(SUPPLIED DATA Opens)
// Lines that pin an attribute which `diagnose` found ambiguous.
use frac_core::{Frac, Wide};
use span_text::NUMBER_DIGITS;
use tell_mend::Reader;

// No number has more digits after its first.
const MOST_DIGITS: usize = 20;

/// The number of digits after the first.
pub fn digits_behind(number: i64) -> usize {
    let mut left = number.unsigned_abs();
    for count in 0..MOST_DIGITS {
        if left <= 9 {
            return count;
        }
        left /= 10;
    }
    MOST_DIGITS
}

// Appends a line that keeps the attribute at a value. A fraction is kept by a multiplier. If a script can't
// write the value's parts, it only says that a line should name the attribute.
fn put_kept(reader: &mut Reader, out: &mut Vec<u8>, attr: &str, value: Frac) {
    let (num, den) = (value.num(), value.den());
    if digits_behind(num) >= NUMBER_DIGITS || digits_behind(den) >= NUMBER_DIGITS {
        return reader.put(out, b"a line that names it");
    }
    reader.put(out, b"constrain pin ");
    if den != 1 {
        reader.put_number(out, den);
        reader.put(out, b"*");
    }
    reader.put_all(out, &[attr.as_bytes(), b" == "]);
    reader.put_number(out, num);
    reader.put(out, b" @50");
}

/// Appends a line that pins an attribute with this value. The window gets a size, another size becomes as
/// small as its content, an edge stays.
pub fn put_pin(reader: &mut Reader, out: &mut Vec<u8>, attr: &str, value: Frac) {
    if attr == "window.width" || attr == "window.height" {
        reader.put(out, b"window WIDTH HEIGHT");
    } else if attr.ends_with(".width") || attr.ends_with(".height") {
        put_kept(reader, out, attr, Frac::zero());
    } else {
        put_kept(reader, out, attr, value);
    }
}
(SUPPLIED DATA Closes)
## TASK PROMPT
Copy every line of the listing that contains the word "value".

## SOLUTION FOR THIS TASK
// Appends a line that keeps the attribute at a value. A fraction is kept by a multiplier. If a script can't
// write the value's parts, it only says that a line should name the attribute.
fn put_kept(reader: &mut Reader, out: &mut Vec<u8>, attr: &str, value: Frac) {
    let (num, den) = (value.num(), value.den());
/// Appends a line that pins an attribute with this value. The window gets a size, another size becomes as
pub fn put_pin(reader: &mut Reader, out: &mut Vec<u8>, attr: &str, value: Frac) {
        put_kept(reader, out, attr, value);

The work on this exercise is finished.